Puerto Maldonado is a city in Southeastern Peru in the Amazon rainforest 55 kilometres (34 mi) west of the Bolivian border; located at the confluence of the Tambopata and Madre de Dios rivers, the latter of which joins the Madeira River as a tributary of the Amazon. It is the capital of the Madre de Dios Region.

Nearby are the Manú National Park, Tambopata National Reserve, and Bahuaja-Sonene National Park, which have been established to protect natural resources. These are some of the most pristine primary rain forests in the world. They include several oxbow lakes and clay licks, where hundreds of birds, including macaws, feed on clay.
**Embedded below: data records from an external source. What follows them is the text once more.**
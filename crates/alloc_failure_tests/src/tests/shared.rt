//! Tests of a shared book, used by one thread. A failed allocation changes neither the history, nor the seat, nor what readers see.

ghost use Rattle.std.specs.Prelude.{◌≡◌};

use super::heap::{Call, check_none, check_rising, check_rising_by, narrow, widen};
use super::made;
use super::said::{BEGUN, STEPS, Step, check_entry, check_told};
use super::wrappers::op_of;
use bumpalo::Bump;
use covbook::{BookFault, Entries, Op};
use covdata::Memory;
use covjobs::{Done, Live, Name, OpenFault, ReaderFault, Seat, Seats, Shared, Start, open_book};
use covreport::Table;
use covstore::Store;
use covtable::Totals;
use std::alloc::Allocator;
use std::marker::Brand;
use std::process::Abort;
use std::sync::Wait;
use std::test::*;

fn start<A: Allocator + Copy>(alloc: A, jobs: u32) -> Result<Start<A>, OpenFault> {
    Start::new(alloc, jobs)
}

fn open<L: Name, A: Allocator + Copy, T: Table<A>>(
    alloc: A,
    start: Start<A>,
) -> Result<(Shared<L, A, T>, Seats<L, A>), Memory>
    requires name { start.name ≡ L.name }
    requires jobs { start.jobs ≡ L.parts }
    requires book { start.book ≡ L.book }
{
    open_book::<L, A, T>(alloc, start)
}

fn perform<L: Name, A: Allocator + Copy, R: Wait, T: Table<A>>(
    rt: &R,
    alloc: A,
    book: &Shared<L, A, T>,
    seat: &mut Seat<L, A>,
    op: &Op<A>,
) -> Result<Done<L, A>, BookFault> {
    book.perform(rt, alloc, seat, op)
}

fn reader<L: Name, A: Allocator + Copy, R: Wait, T: Table<A>>(
    rt: &R,
    book: &Shared<L, A, T>,
) -> Result<Live<L, A>, ReaderFault> {
    book.reader(rt)
}

/// Closes the book with all its seats, and returns the book's history.
fn history_of<L: Name, A: Allocator + Copy, R: Wait + Abort, T: Table<A>>(
    rt: &R,
    book: Shared<L, A, T>,
    seats: Vec<Seat<L, A>, A>,
) -> Entries<A> {
    match book.close(rt, Seats::of(seats)) {
        Ok((entries, _news)) => entries,
        Err(_back) => panic!(rt; "a seat is missing"),
    }
}

/// Checks that the reader `live` reports `upto` entries and the totals `totals`.
fn check_live<L: Name, A: Allocator>(
    rt: &impl Abort,
    live: &mut Live<L, A>,
    upto: u64,
    totals: Totals,
) {
    let reading = live.totals();
    assert_eq!(rt; reading.upto, upto);
    assert_eq!(rt; reading.totals, totals);
}

/// Checks that the seat made `calls` successful calls, and has seen as many entries.
fn check_seat<L: Name, A: Allocator>(rt: &impl Abort, seat: &Seat<L, A>, calls: u64) {
    assert_eq!(rt; (seat.calls(), seat.seen()), (calls, calls));
}

/// Opens a book, and returns whether that succeeded. An open book must have three seats, no entry, and a reader that reports no
/// entry.
fn opens<L: Name, A: Allocator + Copy, R: Wait + Abort, T: Table<A>>(
    rt: &R,
    alloc: A,
    start: Start<A>,
) -> bool
    requires name { start.name ≡ L.name }
    requires jobs { start.jobs ≡ L.parts }
    requires book { start.book ≡ L.book }
{
    let Ok((book, seats)) = open::<L, A, T>(alloc, start) else {
        return false;
    };
    assert_eq!(rt; seats.get().len(), 3);
    check_live(rt, &mut made(rt, reader(rt, &book)), 0, Totals::default());
    let entries = history_of(rt, book, seats.into_vec());
    assert_eq!(rt; entries.get().len(), 0);
    true
}

/// Opens a new book for three jobs, and returns whether that succeeded. Making the book's `Start` never allocates.
fn opens_anew<A: Allocator + Copy>(rt: &(impl Wait + Abort), alloc: A) -> bool {
    opens::<Brand, A, _, Store<A>>(rt, alloc, made(rt, start(alloc, 3)))
}

/// Whether a book can't be opened with a capacity of `room`. A failure drops the book's `Start`, so the second try, with ample
/// capacity, makes a new `Start`.
fn is_not_opened(rt: &(impl Wait + Abort), heap: &Bump, room: usize) -> bool {
    narrow(rt, heap, room);
    let is_opened = opens_anew(rt, heap);
    widen(heap);
    assert!(rt; is_opened || opens_anew(rt, heap));
    !is_opened
}

/// Makes a `Start`, and returns whether that failed. A `Start` must not allocate.
fn starts(rt: &impl Abort, heap: &Bump, room: usize) -> bool {
    narrow(rt, heap, room);
    let first = start(heap, 64);
    first.is_err()
}

/// What is done with a book, and the heap's capacity for it.
#[derive(Clone, Copy)]
struct Narrow<'a> {
    heap: &'a Bump,
    room: usize,
    used: Use<'a>,
}

/// What is done with a book whose memory is limited.
#[derive(Clone, Copy)]
pub(super) enum Use<'a> {
    Perform(Step<'a>),
    /// Makes a reader.
    Read,
    /// Appends the seats to a list.
    HandIn,
}

/// Opens the book and uses it as `tried` says. Returns whether an allocation failed.
fn uses<L: Name, A: Allocator + Copy, R: Wait + Abort, T: Table<A>>(
    rt: &R,
    alloc: A,
    start: Start<A>,
    tried: Narrow<'_>,
) -> bool
    requires name { start.name ≡ L.name }
    requires jobs { start.jobs ≡ L.parts }
    requires book { start.book ≡ L.book }
{
    let (book, seats) = made(rt, open::<L, A, T>(alloc, start));
    match tried.used {
        Use::Perform(step) => performs(rt, alloc, book, seats, tried, step),
        Use::Read => reads(rt, &book, tried),
        Use::HandIn => hands_in(rt, alloc, seats, tried),
    }
}

/// Like `uses`, with a new book over a `Store`.
fn uses_store<A: Allocator + Copy, R: Wait + Abort>(
    rt: &R,
    alloc: A,
    jobs: u32,
    tried: Narrow<'_>,
) -> bool {
    uses::<Brand, A, R, Store<A>>(rt, alloc, made(rt, start(alloc, jobs)), tried)
}

/// Like `uses`, with a new book: one with nine jobs for `HandIn`, otherwise one with one job.
fn uses_anew<R: Wait + Abort>(rt: &R, heap: &Bump, room: usize, used: Use<'_>) -> bool {
    let jobs = if matches!(used, Use::HandIn) { 9 } else { 1 };
    let tried = Narrow { heap, room, used };
    uses_store(rt, heap, jobs, tried)
}

/// Performs the step `step` in a book with one submission and a reader. Checks the history at the end. Returns whether an
/// allocation failed.
fn performs<L: Name, A: Allocator + Copy, R: Wait + Abort, T: Table<A>>(
    rt: &R,
    alloc: A,
    book: Shared<L, A, T>,
    seats: Seats<L, A>,
    tried: Narrow<'_>,
    step: Step<'_>,
) -> bool {
    let mut seats = seats.into_vec();
    let is_refused = match seats.first_mut() {
        Some(seat) => asks(rt, alloc, &book, seat, tried, step),
        None => panic!(rt; "no seat"),
    };
    let entries = history_of(rt, book, seats);
    assert_eq!(rt; entries.get().len(), 2);
    check_entry(rt, alloc, entries.get().first(), 0, BEGUN);
    check_entry(rt, alloc, entries.get().last(), 0, step);
    is_refused
}

/// Submits a text, and returns the totals after it.
fn begins<L: Name, A: Allocator + Copy, R: Wait + Abort, T: Table<A>>(
    rt: &R,
    alloc: A,
    book: &Shared<L, A, T>,
    seat: &mut Seat<L, A>,
) -> Totals {
    let op = op_of(rt, alloc, BEGUN.asked);
    made(rt, perform(rt, alloc, book, seat, &op))
        .news
        .reading()
        .totals
}

/// Performs the operation with the limited capacity.
fn perform_narrowly<L: Name, A: Allocator + Copy, R: Wait + Abort, T: Table<A>>(
    rt: &R,
    alloc: A,
    book: &Shared<L, A, T>,
    seat: &mut Seat<L, A>,
    op: &Op<A>,
    tried: Narrow<'_>,
) -> Result<Done<L, A>, BookFault> {
    narrow(rt, tried.heap, tried.room);
    let done = perform(rt, alloc, book, seat, op);
    widen(tried.heap);
    done
}

/// Submits a text, and then tries the operation of `step` with the limited capacity. Returns whether an allocation failed.
fn asks<L: Name, A: Allocator + Copy, R: Wait + Abort, T: Table<A>>(
    rt: &R,
    alloc: A,
    book: &Shared<L, A, T>,
    seat: &mut Seat<L, A>,
    tried: Narrow<'_>,
    step: Step<'_>,
) -> bool {
    let totals = begins(rt, alloc, book, seat);
    let mut live = made(rt, reader(rt, book));
    let op = op_of(rt, alloc, step.asked);
    match perform_narrowly(rt, alloc, book, seat, &op, tried) {
        Ok(done) => {
            check_done(rt, alloc, seat, &done, &mut live, step);
            false
        }
        Err(fault) => {
            assert_eq!(rt; fault, BookFault::Memory);
            check_seat(rt, seat, 1);
            check_live(rt, &mut live, 1, totals);
            let done = made(rt, perform(rt, alloc, book, seat, &op));
            check_done(rt, alloc, seat, &done, &mut live, step);
            true
        }
    }
}

/// Checks the seat after its second call, the call's receipt, by `check_told`, and that the totals after the call are published.
fn check_done<L: Name, A: Allocator + Copy>(
    rt: &impl Abort,
    alloc: A,
    seat: &Seat<L, A>,
    done: &Done<L, A>,
    live: &mut Live<L, A>,
    step: Step<'_>,
) {
    check_seat(rt, seat, 2);
    let reading = done.news.reading();
    assert_eq!(rt; (done.receipt.place, reading.upto), (1, 2));
    check_told(
        rt,
        alloc,
        &done.receipt.op,
        &done.receipt.answer,
        reading.totals,
        step,
    );
    check_live(rt, live, 2, reading.totals);
}

/// Makes a reader with the limited capacity, and returns whether that failed.
fn reads<L: Name, A: Allocator + Copy, R: Wait + Abort, T: Table<A>>(
    rt: &R,
    book: &Shared<L, A, T>,
    tried: Narrow<'_>,
) -> bool {
    narrow(rt, tried.heap, tried.room);
    let first = reader(rt, book);
    widen(tried.heap);
    match first {
        Ok(mut live) => {
            check_live(rt, &mut live, 0, Totals::default());
            false
        }
        Err(_fault) => true,
    }
}

/// Appends the seats of nine jobs to a list with the limited capacity, and returns whether an allocation failed. A failed
/// allocation drops the seat and leaves the list unchanged.
fn hands_in<L: Name, A: Allocator + Copy>(
    rt: &impl Abort,
    alloc: A,
    seats: Seats<L, A>,
    tried: Narrow<'_>,
) -> bool {
    let mut list = Seats::new(alloc);
    let mut refused = None;
    narrow(rt, tried.heap, tried.room);
    for seat in seats.into_vec() {
        let job = seat.job();
        if list.push(seat).is_err() {
            widen(tried.heap);
            assert_eq!(rt; (refused, list.get().len()), (None, job as usize));
            refused = Some(job);
        }
    }
    check_jobs(rt, list.get(), refused);
    refused.is_some()
}

/// Checks that the seats are those of the jobs 0 to 8 in ascending order, without the job `given_up`.
fn check_jobs<L: Name, A: Allocator>(rt: &impl Abort, seats: &[Seat<L, A>], given_up: Option<u32>) {
    let mut job = 0u32;
    for seat in seats {
        if given_up == Some(job) {
            job = job.wrapping_add(1);
        }
        assert_eq!(rt; seat.job(), job);
        job = job.wrapping_add(1);
    }
    let wanted = if given_up.is_some() { 8 } else { 9 };
    assert_eq!(rt; seats.len(), wanted);
}

/// A call on books that are shared.
#[derive(Clone, Copy)]
pub(super) enum InBook<'a> {
    Start,
    Open,
    Use(Use<'a>),
}

/// Makes the call with a capacity of `room`, and returns whether an allocation failed.
pub(super) fn is_refused<R: Wait + Abort>(
    rt: &R,
    heap: &Bump,
    room: usize,
    in_book: InBook<'_>,
) -> bool {
    match in_book {
        InBook::Start => starts(rt, heap, room),
        InBook::Open => is_not_opened(rt, heap, room),
        InBook::Use(used) => uses_anew(rt, heap, room, used),
    }
}

#[test]
fn books_are_opened(rt: HostRuntime) {
    check_rising_by(&rt, 1, 64, &[Call::Shared(InBook::Open)]);
}

#[test]
fn starts_and_readers_take_no_memory(rt: HostRuntime) {
    check_none(
        &rt,
        &[
            Call::Shared(InBook::Start),
            Call::Shared(InBook::Use(Use::Read)),
        ],
    );
}

#[test]
fn shared_steps(rt: HostRuntime) {
    for step in STEPS {
        check_rising_by(&rt, 1, 8, &[Call::Shared(InBook::Use(Use::Perform(*step)))]);
    }
}

#[test]
fn seats(rt: HostRuntime) {
    check_rising(&rt, &[Call::Shared(InBook::Use(Use::HandIn))]);
}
Because it was less accessible by major rivers, the Madre de Dios region was among later ones to be explored in the late 19th century rubber boom. Rubber barons active in the region included the Peruvian Carlos Fermín Fitzcarrald of Iquitos, as well as Brazilian and Bolivian interests. The workers for tapping rubber brought in endemic European diseases, causing diseases and high fatalities among the indigenous peoples along the Manu River from 1889 to 1892, when the first rubber parties arrived, with another epidemic in 1896.
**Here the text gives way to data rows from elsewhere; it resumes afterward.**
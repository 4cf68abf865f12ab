//! What a request asks for, by its fields.
ghost use Rattle.serde_json.specs.View.{view};
ghost use Rattle.session_lines.specs.Edits.{edit_asked};
ghost use Rattle.session_lines.specs.Fields.{Reads};
ghost use Rattle.session_lines.specs.Requests.{verb_of, request_of};
ghost use Rattle.session_lines.specs.Requests.{text_asked, anchors_asked, bare_asked, changes_asked};
ghost use Rattle.session_lines.specs.Requests.{places_asked, spans_asked, versions_asked};

use crate::command::Command;
use crate::edits::edits;
use crate::fields::{at_rev, only, rev, token, whole};
use crate::one_change::change;
use crate::reading::{export, find};
use crate::refusal::Refusal;
use crate::several::{self, numbers, side};
use crate::verb::Verb;
use op_model::{Action, Edit};
use placed_edits::PlacedAction;
use serde_json::Value;
use std::alloc::Global;

/// The command of a request.
pub(crate) fn request(alloc: Global, value: &Value) -> Result<Command, Refusal>
    ensures { Reads result (request_of (view value.now)) }
{
    let verb = verb(value)?;
    match verb {
        Verb::Insert | Verb::Delete | Verb::Mark | Verb::Unmark => edit(alloc, value, verb),
        Verb::Edits => edits(alloc, value),
        Verb::Text => text(value),
        Verb::Spans => spans(value),
        Verb::Versions => versions(value),
        Verb::Changes => changes(value),
        Verb::Anchors => anchors(alloc, value),
        Verb::Places => places(alloc, value),
        Verb::Find => find(alloc, value),
        Verb::Export => export(value),
        Verb::Status => bare(value, Command::Status),
        Verb::Peers => bare(value, Command::Peers),
        Verb::Documents => bare(value, Command::Documents),
        Verb::Room => bare(value, Command::Room),
        Verb::Stop => bare(value, Command::Stop),
    }
}

/// A request that has no field but its name, and asks for this.
fn bare(value: &Value, command: Command) -> Result<Command, Refusal>
    ensures { Reads result (bare_asked command (view value.now)) }
{
    only(value, &["op"])?;
    Ok(command)
}

/// The request for a text, of now or as it was.
fn text(value: &Value) -> Result<Command, Refusal>
    ensures { Reads result (text_asked (view value.now)) }
{
    only(value, &["op", "doc", "at_rev"])?;
    let doc = whole(value, "doc", 1)?;
    let at_rev = at_rev(value)?;
    Ok(Command::Text { doc, at_rev })
}

/// The request for spans, of now or as they were.
fn spans(value: &Value) -> Result<Command, Refusal>
    ensures { Reads result (spans_asked (view value.now)) }
{
    only(value, &["op", "doc", "at_rev"])?;
    let doc = whole(value, "doc", 1)?;
    let at_rev = at_rev(value)?;
    Ok(Command::Spans { doc, at_rev })
}

/// The request for versions.
fn versions(value: &Value) -> Result<Command, Refusal>
    ensures { Reads result (versions_asked (view value.now)) }
{
    only(value, &["op", "doc", "every"])?;
    let doc = whole(value, "doc", 1)?;
    let every = whole(value, "every", 1)?;
    Ok(Command::Versions { doc, every })
}

/// The request what changed.
fn changes(value: &Value) -> Result<Command, Refusal>
    ensures { Reads result (changes_asked (view value.now)) }
{
    only(value, &["op", "doc", "since"])?;
    let doc = whole(value, "doc", 1)?;
    let since = whole(value, "since", 0)?;
    Ok(Command::Changes { doc, since })
}

/// The request for places that last.
fn anchors(alloc: Global, value: &Value) -> Result<Command, Refusal>
    ensures { Reads result (anchors_asked (view value.now)) }
{
    only(value, &["op", "doc", "at", "side"])?;
    let doc = whole(value, "doc", 1)?;
    let at = numbers(alloc, value)?;
    let side = side(value)?;
    Ok(Command::Anchors { doc, at, side })
}

/// The request where places that last stand now.
fn places(alloc: Global, value: &Value) -> Result<Command, Refusal>
    ensures { Reads result (places_asked (view value.now)) }
{
    only(value, &["op", "doc", "anchors"])?;
    let doc = whole(value, "doc", 1)?;
    let anchors = several::anchors(alloc, value)?;
    Ok(Command::Places { doc, anchors })
}

/// Which request is made.
fn verb(value: &Value) -> Result<Verb, Refusal>
    ensures { Reads result (verb_of (view value.now)) }
{
    value
        .get("op")
        .and_then(Value::as_str)
        .and_then(Verb::named)
        .ok_or(Refusal::Request)
}

/// The request for a change alone.
fn edit(alloc: Global, value: &Value, verb: Verb) -> Result<Command, Refusal>
    ensures { Reads result (edit_asked verb (view value.now)) }
{
    let placed = change(alloc, value, verb, &["op", "doc", "rev", "token"])?;
    let doc = whole(value, "doc", 1)?;
    let rev = rev(value)?;
    let token = token(value)?;
    let edit = Edit {
        doc,
        rev,
        token,
        change: placed.change,
    };
    let action = Action::one(alloc, edit);
    Ok(Command::Edit(PlacedAction::new(action, placed.spots, Vec::new(alloc))))
}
Fitzcarrald in his exploration found a short passage overland between the Mishagua, a tributary of the Urubamba River, and the Manu River, a tributary of the Madre de Dios River. This land was named as the Isthmus of Fitzcarrald after him. Transporting rubber across it enabled the product to be transferred to ships that could go down the Madre de Dios, connect to the Madeira River, a tributary of the Amazon River, and thereby to Atlantic ports and export markets. He also identified present-day Puerto Maldonado as a strategic location. He died in 1897 when his ship Contamana sank at this point in the river, where Puerto Maldonado was later founded.